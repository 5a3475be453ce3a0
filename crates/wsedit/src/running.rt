// Lines are answered over the store where the words say.
ghost use Rattle.std.specs.Prelude.{◌≡◌, ◌≤◌, ◌^◌, true};
ghost use Rattle.wse_path.specs.Limits.{standard};
ghost use Rattle.wse_apply.specs.Limit.{are_within};
ghost use Rattle.wse_uri.specs.FileUrl.{IsPlainFileUrl};
ghost use Rattle.wse_stream.specs.Runs.{HasCauses};
ghost use Rattle.wse_stream.specs.Scene.{disk_at, scene, faults};
ghost use Rattle.wse_run.specs.End.{ending_of};
ghost use Rattle.wse_run.specs.Run.{RunsStore};

use std::alloc::Global;
use wse_disk::{Failed, Place};
use wse_io::{Sink, Source};
use wse_run::{RanStore, RunEnd, StoreRun, run_store};
use wse_words::Places;

/// Places the disk where the words say, opens the store there, and answers the lines of the source.
pub fn place_and_run<S: Source, K: Sink, D: Place>(
    alloc: Global,
    places: Places<'_>,
    run: StoreRun,
    source: &mut S,
    out: &mut K,
    disk: D,
) -> RanStore<D>
    requires plain { IsPlainFileUrl run.root }
    requires within { are_within run.limits standard ≡ true }
    requires some { 1 ≤ run.max_input }
    requires countable { run.max_input ≤ 2 ^ 62 }
    ensures run { RunsStore run.root run.adopt run.limits run.max_input
        (scene (S.left source.old) (K.pieces out.old) (disk_at D.moment_of D.told disk))
        (scene (S.left source.new) (K.pieces out.new) (disk_at D.moment_of D.told result.disk))
        result.end }
    ensures causes { HasCauses (ending_of result.end)
        (faults (S.faults source.old) (K.faults out.old) (D.faults disk))
        (faults (S.faults source.new) (K.faults out.new) (D.faults result.disk)) }
{
    let mut disk = disk;
    match disk.place(places.tree, places.store) {
        Ok(()) => run_store(alloc, disk, run, source, out),
        Err(Failed) => RanStore {
            disk,
            end: RunEnd::Disk,
        },
    }
}
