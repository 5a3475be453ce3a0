// Lists that answers hold, and copies that may find no memory.
ghost use Rattle.std.specs.Prelude.{◌≡◌, length, nat_eq, IfOk};
ghost use Rattle.std.specs.Iterator.Adapters.{IterYieldsInOrder};
ghost use Rattle.std.specs.Slice.Iter.{iter_rest};

use crate::memory::Memory;
use crate::path::RelPath;
use std::alloc::Global;
use std::marker::Model;
use std::slice::Iter;

/// A value of which a second one can be made.
pub trait Duplicate {
    /// An equal value.
    fn duplicate(&self, alloc: Global) -> Result<Self, Memory>
    where
        Self: Sized,
        ensures { IfOk result (λ copy. copy ≡ self.now) };
}

impl Duplicate for u8 {
    fn duplicate(&self, _alloc: Global) -> Result<u8, Memory> {
        Ok(*self)
    }
}

impl Duplicate for u32 {
    fn duplicate(&self, _alloc: Global) -> Result<u32, Memory> {
        Ok(*self)
    }
}

impl<T: Duplicate + Drop> Duplicate for Option<T> {
    fn duplicate(&self, alloc: Global) -> Result<Option<T>, Memory> {
        match self {
            Some(value) => Ok(Some(value.duplicate(alloc)?)),
            None => Ok(None),
        }
    }
}

/// A list that no longer grows. Contracts see it as a list.
#[derive(Debug, Drop)]
pub struct Items<T> {
    all: Vec<T>,
}

/// The bytes of a file.
pub type Bytes = Items<u8>;

/// Paths, in the order that their place says.
pub type Files = Items<RelPath>;

impl<T> Model for Items<T> {
    ghost use Rattle.std.specs.Prelude.{List};

    ghost Value = { List T };

    ghost view = { λ a. a.all.items };
}

impl<T> Items<T> {
    /// The list of these items. Takes no memory.
    pub fn new(items: Vec<T>) -> Items<T>
        ensures { result ≡ items.items }
    {
        Items { all: items }
    }

    /// How many items there are.
    pub fn len(&self) -> usize
        ensures { result ≡ length self.now }
    {
        self.all.len()
    }

    /// Whether there is none.
    pub fn is_empty(&self) -> bool
        ensures { result ≡ nat_eq (length self.now) 0 }
    {
        self.all.is_empty()
    }

    /// Takes the items out. Takes no memory.
    pub fn into_vec(self) -> Vec<T>
        ensures { result.items ≡ self }
    {
        self.all
    }

    /// The items as a slice.
    pub fn as_slice(&self) -> &[T]
        ensures { result.now ≡ self.now }
    {
        &self.all
    }

    /// The items one after another.
    pub fn iter(&self) -> Iter<'_, T>
        ensures items { iter_rest result ≡ self.now }
        ensures order { IterYieldsInOrder T }
    {
        self.all.iter()
    }
}

impl<'a, T> IntoIterator for &'a Items<T> {
    type Item = &'a T;

    type IntoIter = Iter<'a, T>;

    ghost use Rattle.std.specs.Prelude.{◌≡◌, ℕ, ◌^◌, ◌<◌, length};
    ghost use Rattle.std.specs.Slice.Iter.{iter_rest};
    ghost use Rattle.std.specs.Iterator.Adapters.{IterYieldsInOrder};

    ghost into_iter_gives = { λ items it. (iter_rest it ≡ items.now) × (length (iter_rest it) < 2 ^ 64) × IterYieldsInOrder T };

    fn into_iter(self) -> Iter<'a, T> {
        self.all.iter()
    }
}

/// Item by item.
impl<T: PartialEq> PartialEq for Items<T> {
    ghost use Rattle.std.specs.Cmp.Lexicographic.{pointwise, lists_per};

    ghost eq = { pointwise T.eq };

    ghost laws = { lists_per T.laws };

    fn eq(&self, other: &Items<T>) -> bool {
        self.all == other.all
    }
}

impl<T: Eq> Eq for Items<T> {
    ghost use Rattle.std.specs.Cmp.Lexicographic.{lists_equiv};

    ghost laws = { lists_equiv T.Eq.laws };
}

impl<T: Duplicate + Drop> Duplicate for Items<T> {
    fn duplicate(&self, alloc: Global) -> Result<Items<T>, Memory> {
        let mut all = Vec::with_capacity(alloc, self.all.len())?;
        for item in &self.all {
            all.push(item.duplicate(alloc)?)?;
        }
        Ok(Items { all })
    }
}
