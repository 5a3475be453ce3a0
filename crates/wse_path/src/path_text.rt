// Paths as texts, and why they are none.
ghost use Rattle.std.specs.Prelude.{◌≡◌, ◌⊎◌, None, Some, map, IfOk, IfErr, OnOk};
ghost use Rattle.std.specs.Fmt.{WritesOnOk};
ghost use Rattle.wse_path.specs.Path.{bytes_of, refusal, pieces_of, text_of};

use crate::path::{PathRefused, RelPath};
use std::alloc::{AllocError, AllocFailed, Global};
use std::error::Error;
use std::fmt;

/// Why a text gives no path.
#[derive(Debug, Clone, Copy, PartialEq, Eq)]
pub enum TextRefused {
    /// The pieces between the slashes are no path.
    Path(PathRefused),
    /// There was no memory for the path. May come in place of any other answer.
    Memory,
}

impl From<AllocError> for TextRefused {
    ghost use Rattle.std.specs.Prelude.{◌≡◌};
    ghost use Rattle.wse_path.specs.declared.path_text.TextRefused.TheVariants.{Memory};

    ghost from_gives = { λ _ why. why ≡ Memory };

    fn from(_: AllocError) -> TextRefused {
        TextRefused::Memory
    }
}

impl<T: Drop> From<AllocFailed<T>> for TextRefused {
    ghost use Rattle.std.specs.Prelude.{◌≡◌};
    ghost use Rattle.wse_path.specs.declared.path_text.TextRefused.TheVariants.{Memory};

    ghost from_gives = { λ _ why. why ≡ Memory };

    fn from(_: AllocFailed<T>) -> TextRefused {
        TextRefused::Memory
    }
}

impl From<PathRefused> for TextRefused {
    ghost use Rattle.std.specs.Prelude.{◌≡◌};
    ghost use Rattle.wse_path.specs.declared.path_text.TextRefused.TheVariants.{Path};

    ghost from_gives = { λ cause why. why ≡ Path cause };

    fn from(cause: PathRefused) -> TextRefused {
        TextRefused::Path(cause)
    }
}

/// The pieces between the slashes.
fn pieces<'a>(alloc: Global, text: &'a str) -> Result<Vec<&'a str>, AllocError>
    ensures { IfOk result (λ pieces. map (λ piece. piece.now) pieces.items ≡ pieces_of text.now) }
{
    text.split('/').collect(alloc)
}

/// Each piece as a text of its own.
fn owned(alloc: Global, pieces: &[&str]) -> Result<Vec<String>, AllocError>
    ensures { IfOk result (λ texts. bytes_of texts.items ≡ map (λ piece. piece.now) pieces.now) }
{
    let mut texts = Vec::with_capacity(alloc, pieces.len())?;
    for piece in pieces {
        texts.push(String::from_str(alloc, piece)?)?;
    }
    Ok(texts)
}

impl RelPath {
    /// The path whose segments are the pieces between the text's slashes. This project's own rule.
    pub fn from_text(alloc: Global, text: &str) -> Result<RelPath, TextRefused>
        ensures ok { IfOk result (λ path. path ≡ pieces_of text.now) }
        ensures taken { OnOk result (refusal (pieces_of text.now) ≡ None) }
        ensures refused { IfErr result (λ why. (why ≡ TextRefused.Memory)
            ⊎ ((cause : PathRefused) × (why ≡ TextRefused.Path cause) × (refusal (pieces_of text.now) ≡ Some cause))) }
    {
        let pieces = pieces(alloc, text)?;
        Ok(RelPath::new(owned(alloc, &pieces)?)?)
    }
}

/// Writes the segments, joined by `/`.
fn write_joined<W: fmt::Write>(segments: &[String], f: &mut fmt::Formatter<W>) -> fmt::Result
    ensures { WritesOnOk W.write_str_gives f.old result (text_of (bytes_of segments.now)) f.new }
{
    if let [first, rest @ ..] = segments {
        f.write_str(first.as_str())?;
        for segment in rest {
            f.write_str("/")?;
            f.write_str(segment.as_str())?;
        }
    }
    Ok(())
}

/// The segments, joined by `/`.
impl fmt::Display for RelPath {
    ghost use Rattle.std.specs.Prelude.{Some};
    ghost use Rattle.wse_path.specs.Path.{text_of};

    ghost output = { λ path. Some (text_of path) };

    fn fmt<W: fmt::Write>(&self, f: &mut fmt::Formatter<W>) -> fmt::Result {
        write_joined(self.segments(), f)
    }
}

/// In the words that a refused line has for it.
impl fmt::Display for PathRefused {
    ghost use Rattle.std.specs.Prelude.{Some};
    ghost use Rattle.wse_path.specs.Path.{words_of};

    ghost output = { λ why. Some (words_of why) };

    fn fmt<W: fmt::Write>(&self, f: &mut fmt::Formatter<W>) -> fmt::Result {
        match *self {
            PathRefused::Empty => f.write_str("no segment"),
            PathRefused::TooDeep { depth } => write!(f, "{depth} segments"),
            PathRefused::Segment { index } => write!(f, "segment {index} is not a name"),
            PathRefused::TooLong { bytes } => write!(f, "{bytes} bytes"),
        }
    }
}

impl Error for PathRefused {}

/// A refused path in its words.
impl fmt::Display for TextRefused {
    ghost use Rattle.std.specs.Prelude.{Some};
    ghost use Rattle.wse_path.specs.Words.{words_of_text};

    ghost output = { λ why. Some (words_of_text why) };

    fn fmt<W: fmt::Write>(&self, f: &mut fmt::Formatter<W>) -> fmt::Result {
        match *self {
            TextRefused::Path(why) => write!(f, "{why}"),
            TextRefused::Memory => f.write_str("out of memory"),
        }
    }
}

impl Error for TextRefused {}
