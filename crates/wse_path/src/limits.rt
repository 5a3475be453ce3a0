// Numbers that nothing may pass.
ghost use Rattle.std.specs.Prelude.{◌≡◌};
ghost use Rattle.wse_path.specs.Limits.{standard};

/// What a store may hold. A number passes a limit when it is greater. This project's own rule.
#[derive(Debug, Clone, Copy, PartialEq, Eq)]
pub struct Limits {
    /// Files of the tree.
    pub files: u64,
    /// Bytes of one file.
    pub file_bytes: u64,
    /// Bytes of all files.
    pub tree_bytes: u64,
    /// Over all paths with a version: 32, and the bytes of the path's text.
    pub known: u64,
    /// Over all that the history holds of single files: 256, and the bytes of the label, of the path's text, and of the old
    /// and the new content.
    pub weight: u64,
    /// Commands that the store recorded since it was made.
    pub serial: u64,
}

impl Limits {
    /// The limits of the program.
    pub fn standard() -> Limits
        ensures { result ≡ standard }
    {
        Limits {
            files: 65_536,
            file_bytes: 16_777_216,
            tree_bytes: 268_435_456,
            known: 536_870_912,
            weight: 536_870_912,
            serial: 1_073_741_823,
        }
    }
}

/// One of the limits.
#[derive(Clone, Copy, PartialEq, Eq)]
pub enum Which {
    Files,
    FileBytes,
    TreeBytes,
    Known,
    Weight,
    Serial,
}

/// A limit that would be passed, and the number that would pass it.
#[derive(Clone, Copy, PartialEq, Eq)]
pub struct Hit {
    pub which: Which,
    pub would_be: u64,
}
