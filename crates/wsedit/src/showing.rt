// What the store where the words say holds is emitted.
ghost use Rattle.std.specs.Prelude.{◌≡◌, true};
ghost use Rattle.wse_path.specs.Limits.{standard};
ghost use Rattle.wse_apply.specs.Limit.{are_within};
ghost use Rattle.wse_stream.specs.Causes.{CountsFault};
ghost use Rattle.wse_stream.specs.Scene.{disk_at};
ghost use Rattle.wse_show.specs.Show.{show_text};
ghost use Rattle.wse_run.specs.End.{ending_of};
ghost use Rattle.wsedit.specs.Showing.{HasEmittedOr, Shows};

use std::alloc::Global;
use wse_disk::{Disk, Failed, Place};
use wse_engine::Engine;
use wse_io::{Sink, WriteFailed, emit_all};
use wse_path::{Limits, Memory};
use wse_run::{RanStore, RunEnd, unopened};
use wse_show::show_text;
use wse_words::Places;

/// Emits the text.
fn emit_text<K: Sink, D: Disk>(out: &mut K, disk: &D, text: &[u8]) -> RunEnd
    ensures emitted { HasEmittedOr text.now (D.moment_of disk.now) (D.moment_of disk.now) (K.pieces out.old) (K.pieces out.new) result }
    ensures sink { CountsFault (ending_of result).write (K.faults out.old) (K.faults out.new) }
{
    match emit_all(out, disk, text) {
        Ok(()) => RunEnd::Done,
        Err(WriteFailed) => RunEnd::Write,
    }
}

/// Emits what the engine's store holds. All memory is taken before the first piece.
fn emit_store<K: Sink, D: Disk>(alloc: Global, engine: &Engine<D>, out: &mut K) -> RunEnd
    ensures emitted { HasEmittedOr (show_text engine.now.state) (D.moment_of engine.now.disk) (D.moment_of engine.now.disk)
        (K.pieces out.old) (K.pieces out.new) result }
    ensures sink { CountsFault (ending_of result).write (K.faults out.old) (K.faults out.new) }
{
    match show_text(alloc, engine.history()) {
        Ok(text) => emit_text(out, engine.disk(), text.as_slice()),
        Err(Memory) => RunEnd::Memory,
    }
}

/// Opens the store on the disk without adopting, and emits what it holds.
fn show_store<K: Sink, D: Disk>(alloc: Global, disk: D, limits: Limits, out: &mut K) -> RanStore<D>
    requires { are_within limits standard ≡ true }
    ensures shows { Shows limits (disk_at D.moment_of D.told disk) (disk_at D.moment_of D.told result.disk)
        (K.pieces out.old) (K.pieces out.new) result.end }
    ensures sink { CountsFault (ending_of result.end).write (K.faults out.old) (K.faults out.new) }
    ensures cause { CountsFault (ending_of result.end).disk (D.faults disk) (D.faults result.disk) }
{
    match Engine::start(alloc, disk, false, limits) {
        Ok(engine) => {
            let end = emit_store(alloc, &engine, out);
            RanStore {
                disk: engine.into_disk(),
                end,
            }
        }
        Err(fault) => unopened(fault),
    }
}

/// Places the disk where the words say, opens the store there without adopting, and emits what it holds.
pub fn place_and_show<K: Sink, D: Place>(
    alloc: Global,
    places: Places<'_>,
    disk: D,
    limits: Limits,
    out: &mut K,
) -> RanStore<D>
    requires { are_within limits standard ≡ true }
    ensures shows { Shows limits (disk_at D.moment_of D.told disk) (disk_at D.moment_of D.told result.disk)
        (K.pieces out.old) (K.pieces out.new) result.end }
    ensures sink { CountsFault (ending_of result.end).write (K.faults out.old) (K.faults out.new) }
    ensures cause { CountsFault (ending_of result.end).disk (D.faults disk) (D.faults result.disk) }
{
    let mut disk = disk;
    match disk.place(places.tree, places.store) {
        Ok(()) => show_store(alloc, disk, limits, out),
        Err(Failed) => RanStore {
            disk,
            end: RunEnd::Disk,
        },
    }
}
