// Paths whose content or version changed.
use crate::items::{Bytes, Duplicate, Items};
use crate::memory::Memory;
use crate::path::RelPath;
use std::alloc::Global;

/// A path whose content changed. Content that isn't there is None.
#[derive(Debug, Drop)]
pub struct Change {
    pub path: RelPath,
    pub before: Option<Bytes>,
    pub after: Option<Bytes>,
}

impl Duplicate for Change {
    fn duplicate(&self, alloc: Global) -> Result<Change, Memory> {
        Ok(Change {
            path: self.path.duplicate(alloc)?,
            before: self.before.duplicate(alloc)?,
            after: self.after.duplicate(alloc)?,
        })
    }
}

/// Changed paths with their contents, in path order.
pub type Changes = Items<Change>;

/// A path with a number, such as its version.
#[derive(Debug, Drop)]
pub struct Numbered {
    pub path: RelPath,
    pub number: u32,
}

impl Duplicate for Numbered {
    fn duplicate(&self, alloc: Global) -> Result<Numbered, Memory> {
        Ok(Numbered {
            path: self.path.duplicate(alloc)?,
            number: self.number,
        })
    }
}

/// Paths with their versions, in path order.
pub type Bumps = Items<Numbered>;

» WHAT THE TASK ASKS
Write out, unaltered, the lines from the opening of the listing through the line that includes "1 ≤ run.max_input".

» SOLUTION TO THIS EXERCISE
repository 5a3475be453ce3a0
filename crates/wsedit/src/running.rt
// Lines are answered over the store where the words say.
ghost use Rattle.std.specs.Prelude.{◌≡◌, ◌≤◌, ◌^◌, true};
ghost use Rattle.wse_path.specs.Limits.{standard};
ghost use Rattle.wse_apply.specs.Limit.{are_within};
ghost use Rattle.wse_uri.specs.FileUrl.{IsPlainFileUrl};
ghost use Rattle.wse_stream.specs.Runs.{HasCauses};
ghost use Rattle.wse_stream.specs.Scene.{disk_at, scene, faults};
ghost use Rattle.wse_run.specs.End.{ending_of};
ghost use Rattle.wse_run.specs.Run.{RunsStore};

use std::alloc::Global;
use wse_disk::{Failed, Place};
use wse_io::{Sink, Source};
use wse_run::{RanStore, RunEnd, StoreRun, run_store};
use wse_words::Places;

/// Places the disk where the words say, opens the store there, and answers the lines of the source.
pub fn place_and_run<S: Source, K: Sink, D: Place>(
    alloc: Global,
    places: Places<'_>,
    run: StoreRun,
    source: &mut S,
    out: &mut K,
    disk: D,
) -> RanStore<D>
    requires plain { IsPlainFileUrl run.root }
    requires within { are_within run.limits standard ≡ true }
    requires some { 1 ≤ run.max_input }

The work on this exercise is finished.